:: WHAT TO PRODUCE ::
How many lines of these entries hold the string "IfOk"? Reply with the number alone.

Records from a dataset:

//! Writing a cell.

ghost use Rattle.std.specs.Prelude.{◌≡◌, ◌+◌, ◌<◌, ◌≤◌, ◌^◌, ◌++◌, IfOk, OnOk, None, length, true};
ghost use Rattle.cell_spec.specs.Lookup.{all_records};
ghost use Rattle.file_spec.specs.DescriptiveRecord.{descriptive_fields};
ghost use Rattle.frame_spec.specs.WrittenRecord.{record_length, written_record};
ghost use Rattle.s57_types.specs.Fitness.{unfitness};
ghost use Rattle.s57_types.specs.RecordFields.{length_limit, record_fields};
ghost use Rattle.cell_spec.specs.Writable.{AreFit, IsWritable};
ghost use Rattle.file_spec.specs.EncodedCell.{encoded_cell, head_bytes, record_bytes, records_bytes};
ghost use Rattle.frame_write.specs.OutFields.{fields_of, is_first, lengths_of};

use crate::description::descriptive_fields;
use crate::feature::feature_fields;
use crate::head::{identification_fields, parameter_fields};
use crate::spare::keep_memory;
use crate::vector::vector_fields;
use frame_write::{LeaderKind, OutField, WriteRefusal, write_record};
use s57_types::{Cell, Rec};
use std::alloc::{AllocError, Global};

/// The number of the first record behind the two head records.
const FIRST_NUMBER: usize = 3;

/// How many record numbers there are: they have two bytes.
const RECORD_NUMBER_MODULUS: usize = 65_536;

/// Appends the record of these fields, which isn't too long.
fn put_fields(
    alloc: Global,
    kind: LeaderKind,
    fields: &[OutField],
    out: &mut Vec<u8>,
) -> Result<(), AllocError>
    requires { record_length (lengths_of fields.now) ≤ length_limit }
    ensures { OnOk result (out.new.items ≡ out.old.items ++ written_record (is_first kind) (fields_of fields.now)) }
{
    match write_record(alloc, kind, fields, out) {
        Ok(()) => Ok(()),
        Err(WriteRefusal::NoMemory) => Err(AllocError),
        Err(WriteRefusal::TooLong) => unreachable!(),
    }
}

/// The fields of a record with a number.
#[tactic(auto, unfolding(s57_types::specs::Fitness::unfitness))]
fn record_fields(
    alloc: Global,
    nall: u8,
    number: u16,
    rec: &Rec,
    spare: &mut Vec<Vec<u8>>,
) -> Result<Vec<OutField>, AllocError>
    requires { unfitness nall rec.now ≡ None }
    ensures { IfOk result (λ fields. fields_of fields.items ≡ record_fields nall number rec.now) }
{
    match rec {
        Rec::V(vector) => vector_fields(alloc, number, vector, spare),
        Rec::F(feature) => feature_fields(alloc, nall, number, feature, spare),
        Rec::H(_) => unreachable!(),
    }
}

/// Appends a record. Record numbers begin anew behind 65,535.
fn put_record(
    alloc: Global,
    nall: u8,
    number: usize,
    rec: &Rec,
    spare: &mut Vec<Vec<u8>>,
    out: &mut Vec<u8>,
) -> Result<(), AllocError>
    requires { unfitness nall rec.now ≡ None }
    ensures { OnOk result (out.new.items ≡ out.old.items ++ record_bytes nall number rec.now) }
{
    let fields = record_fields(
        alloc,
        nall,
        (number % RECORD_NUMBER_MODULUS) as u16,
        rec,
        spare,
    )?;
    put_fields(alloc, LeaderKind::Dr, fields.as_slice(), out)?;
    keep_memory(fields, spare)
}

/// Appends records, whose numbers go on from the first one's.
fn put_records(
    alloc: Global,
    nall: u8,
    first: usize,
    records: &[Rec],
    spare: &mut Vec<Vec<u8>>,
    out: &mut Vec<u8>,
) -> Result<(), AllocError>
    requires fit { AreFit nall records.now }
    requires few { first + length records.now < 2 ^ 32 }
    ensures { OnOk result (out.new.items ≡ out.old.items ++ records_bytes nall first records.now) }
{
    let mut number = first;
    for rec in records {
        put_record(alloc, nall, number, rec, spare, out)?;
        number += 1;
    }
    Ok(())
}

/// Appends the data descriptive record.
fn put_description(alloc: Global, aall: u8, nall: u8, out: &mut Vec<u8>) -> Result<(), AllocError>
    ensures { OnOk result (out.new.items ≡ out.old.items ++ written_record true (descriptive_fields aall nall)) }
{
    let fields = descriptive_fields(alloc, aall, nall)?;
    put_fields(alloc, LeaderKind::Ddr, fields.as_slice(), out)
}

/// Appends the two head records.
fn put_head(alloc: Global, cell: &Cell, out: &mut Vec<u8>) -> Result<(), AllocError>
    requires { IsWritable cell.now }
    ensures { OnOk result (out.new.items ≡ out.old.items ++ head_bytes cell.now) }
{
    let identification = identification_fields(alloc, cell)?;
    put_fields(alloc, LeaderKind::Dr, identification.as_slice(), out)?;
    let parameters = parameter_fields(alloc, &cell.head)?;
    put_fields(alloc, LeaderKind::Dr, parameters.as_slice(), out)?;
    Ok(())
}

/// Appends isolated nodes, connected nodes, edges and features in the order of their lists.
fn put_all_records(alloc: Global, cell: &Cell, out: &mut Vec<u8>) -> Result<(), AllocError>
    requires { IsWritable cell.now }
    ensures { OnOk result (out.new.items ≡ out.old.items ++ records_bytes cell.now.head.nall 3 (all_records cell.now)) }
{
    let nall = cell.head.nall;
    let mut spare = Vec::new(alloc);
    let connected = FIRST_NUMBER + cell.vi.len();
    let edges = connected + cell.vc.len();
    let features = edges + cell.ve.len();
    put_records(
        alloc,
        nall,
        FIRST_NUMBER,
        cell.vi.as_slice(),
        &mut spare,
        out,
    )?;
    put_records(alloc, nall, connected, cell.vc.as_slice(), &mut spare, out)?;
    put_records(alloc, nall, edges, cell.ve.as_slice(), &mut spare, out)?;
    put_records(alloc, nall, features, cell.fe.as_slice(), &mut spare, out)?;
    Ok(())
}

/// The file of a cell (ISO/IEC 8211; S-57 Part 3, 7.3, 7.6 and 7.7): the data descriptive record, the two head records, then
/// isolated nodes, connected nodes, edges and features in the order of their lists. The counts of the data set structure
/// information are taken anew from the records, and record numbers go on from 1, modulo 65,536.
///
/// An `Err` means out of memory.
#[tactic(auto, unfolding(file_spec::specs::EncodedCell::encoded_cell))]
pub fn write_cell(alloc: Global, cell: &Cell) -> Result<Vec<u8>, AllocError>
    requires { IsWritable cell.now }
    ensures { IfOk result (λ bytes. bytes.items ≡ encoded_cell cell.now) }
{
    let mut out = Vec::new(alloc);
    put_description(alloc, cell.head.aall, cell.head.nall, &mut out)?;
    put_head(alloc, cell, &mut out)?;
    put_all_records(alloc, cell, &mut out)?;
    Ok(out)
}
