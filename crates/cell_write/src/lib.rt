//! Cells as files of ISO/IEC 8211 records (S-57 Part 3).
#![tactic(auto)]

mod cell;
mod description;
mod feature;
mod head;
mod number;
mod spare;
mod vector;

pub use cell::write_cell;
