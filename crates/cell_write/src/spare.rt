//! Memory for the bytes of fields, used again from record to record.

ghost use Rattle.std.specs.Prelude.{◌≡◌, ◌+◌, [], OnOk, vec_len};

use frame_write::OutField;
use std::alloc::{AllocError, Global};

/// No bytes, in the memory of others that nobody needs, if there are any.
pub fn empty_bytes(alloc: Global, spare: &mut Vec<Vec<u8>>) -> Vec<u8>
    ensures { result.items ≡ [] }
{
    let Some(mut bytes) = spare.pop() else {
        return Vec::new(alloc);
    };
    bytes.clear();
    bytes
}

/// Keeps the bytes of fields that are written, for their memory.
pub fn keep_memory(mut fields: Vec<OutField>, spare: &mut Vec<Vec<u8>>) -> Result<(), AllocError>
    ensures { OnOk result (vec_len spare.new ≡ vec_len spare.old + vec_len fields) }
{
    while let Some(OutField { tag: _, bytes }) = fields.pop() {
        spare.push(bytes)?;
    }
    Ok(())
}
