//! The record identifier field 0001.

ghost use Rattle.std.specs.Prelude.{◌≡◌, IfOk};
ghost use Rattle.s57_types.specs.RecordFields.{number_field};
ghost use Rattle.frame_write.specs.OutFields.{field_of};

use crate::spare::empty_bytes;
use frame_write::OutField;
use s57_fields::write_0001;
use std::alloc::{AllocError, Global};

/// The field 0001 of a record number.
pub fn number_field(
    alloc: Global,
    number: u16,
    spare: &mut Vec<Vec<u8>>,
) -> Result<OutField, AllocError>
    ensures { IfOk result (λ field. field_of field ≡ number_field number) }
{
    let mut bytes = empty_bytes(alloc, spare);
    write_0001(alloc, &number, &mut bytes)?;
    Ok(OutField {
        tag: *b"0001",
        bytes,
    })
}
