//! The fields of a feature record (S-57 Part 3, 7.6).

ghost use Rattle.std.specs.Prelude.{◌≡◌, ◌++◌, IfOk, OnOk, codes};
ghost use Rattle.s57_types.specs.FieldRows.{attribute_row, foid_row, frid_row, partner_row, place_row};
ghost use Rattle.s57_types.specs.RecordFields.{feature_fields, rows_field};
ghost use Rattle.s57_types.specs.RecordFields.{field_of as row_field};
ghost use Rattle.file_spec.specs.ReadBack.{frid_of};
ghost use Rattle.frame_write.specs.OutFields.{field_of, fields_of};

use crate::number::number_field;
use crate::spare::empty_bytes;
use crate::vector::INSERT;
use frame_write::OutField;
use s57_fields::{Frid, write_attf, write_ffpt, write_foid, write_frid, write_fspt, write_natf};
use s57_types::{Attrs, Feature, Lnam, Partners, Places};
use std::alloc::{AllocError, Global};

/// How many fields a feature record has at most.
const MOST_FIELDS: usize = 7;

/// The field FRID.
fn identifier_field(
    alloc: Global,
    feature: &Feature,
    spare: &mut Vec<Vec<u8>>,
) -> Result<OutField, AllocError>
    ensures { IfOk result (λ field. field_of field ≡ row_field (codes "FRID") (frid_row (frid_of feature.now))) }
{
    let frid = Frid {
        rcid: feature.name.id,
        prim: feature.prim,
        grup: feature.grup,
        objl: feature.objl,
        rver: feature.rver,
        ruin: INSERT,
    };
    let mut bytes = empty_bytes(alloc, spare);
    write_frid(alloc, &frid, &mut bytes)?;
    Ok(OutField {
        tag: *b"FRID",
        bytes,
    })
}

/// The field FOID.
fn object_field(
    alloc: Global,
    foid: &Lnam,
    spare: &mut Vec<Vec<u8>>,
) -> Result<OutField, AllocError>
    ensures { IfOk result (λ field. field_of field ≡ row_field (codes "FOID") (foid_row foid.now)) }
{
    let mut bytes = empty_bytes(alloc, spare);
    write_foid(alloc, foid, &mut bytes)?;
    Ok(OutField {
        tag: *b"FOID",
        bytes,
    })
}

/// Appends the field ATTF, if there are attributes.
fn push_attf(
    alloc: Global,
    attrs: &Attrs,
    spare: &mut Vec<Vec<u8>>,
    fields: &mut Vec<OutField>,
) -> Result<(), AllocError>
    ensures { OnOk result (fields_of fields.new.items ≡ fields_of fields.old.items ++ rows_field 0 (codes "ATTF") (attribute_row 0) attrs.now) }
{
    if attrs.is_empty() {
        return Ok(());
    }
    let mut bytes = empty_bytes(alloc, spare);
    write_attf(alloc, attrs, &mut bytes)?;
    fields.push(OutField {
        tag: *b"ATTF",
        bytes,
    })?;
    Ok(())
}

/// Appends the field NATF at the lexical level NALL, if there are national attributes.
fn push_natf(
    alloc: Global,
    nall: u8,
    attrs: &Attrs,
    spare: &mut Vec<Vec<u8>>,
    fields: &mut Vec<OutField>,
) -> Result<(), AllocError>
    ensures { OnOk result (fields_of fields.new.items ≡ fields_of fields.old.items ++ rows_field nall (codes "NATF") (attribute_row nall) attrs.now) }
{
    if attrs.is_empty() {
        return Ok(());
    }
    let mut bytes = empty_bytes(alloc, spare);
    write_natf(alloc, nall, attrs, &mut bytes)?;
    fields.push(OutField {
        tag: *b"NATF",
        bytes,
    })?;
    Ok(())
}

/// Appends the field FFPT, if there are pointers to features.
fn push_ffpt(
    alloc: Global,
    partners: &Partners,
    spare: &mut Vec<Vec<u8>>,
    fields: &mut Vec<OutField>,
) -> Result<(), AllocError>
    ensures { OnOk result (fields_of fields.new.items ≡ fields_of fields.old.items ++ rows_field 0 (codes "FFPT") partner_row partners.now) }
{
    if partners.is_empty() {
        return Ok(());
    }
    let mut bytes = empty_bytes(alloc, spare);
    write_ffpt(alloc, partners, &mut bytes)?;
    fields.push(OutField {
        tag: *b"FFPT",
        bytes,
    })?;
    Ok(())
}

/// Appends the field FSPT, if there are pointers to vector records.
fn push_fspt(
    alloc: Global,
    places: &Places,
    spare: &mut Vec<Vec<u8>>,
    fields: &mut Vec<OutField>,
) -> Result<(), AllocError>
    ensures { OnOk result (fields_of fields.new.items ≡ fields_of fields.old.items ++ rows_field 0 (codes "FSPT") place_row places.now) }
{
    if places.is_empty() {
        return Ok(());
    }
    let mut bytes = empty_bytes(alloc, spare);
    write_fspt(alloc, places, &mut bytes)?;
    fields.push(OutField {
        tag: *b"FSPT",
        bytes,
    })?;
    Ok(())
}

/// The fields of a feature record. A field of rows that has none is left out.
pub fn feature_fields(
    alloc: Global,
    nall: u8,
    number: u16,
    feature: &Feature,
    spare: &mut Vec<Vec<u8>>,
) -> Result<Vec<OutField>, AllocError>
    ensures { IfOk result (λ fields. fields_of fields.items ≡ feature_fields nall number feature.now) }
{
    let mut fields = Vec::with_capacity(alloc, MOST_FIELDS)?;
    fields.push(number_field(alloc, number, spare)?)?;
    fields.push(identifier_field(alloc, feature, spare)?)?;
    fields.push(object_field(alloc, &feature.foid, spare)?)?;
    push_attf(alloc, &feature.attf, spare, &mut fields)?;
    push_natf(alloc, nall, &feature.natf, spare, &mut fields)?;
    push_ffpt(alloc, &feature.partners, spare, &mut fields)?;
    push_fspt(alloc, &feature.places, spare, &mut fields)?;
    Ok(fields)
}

:: WRITTEN ANSWER ::
9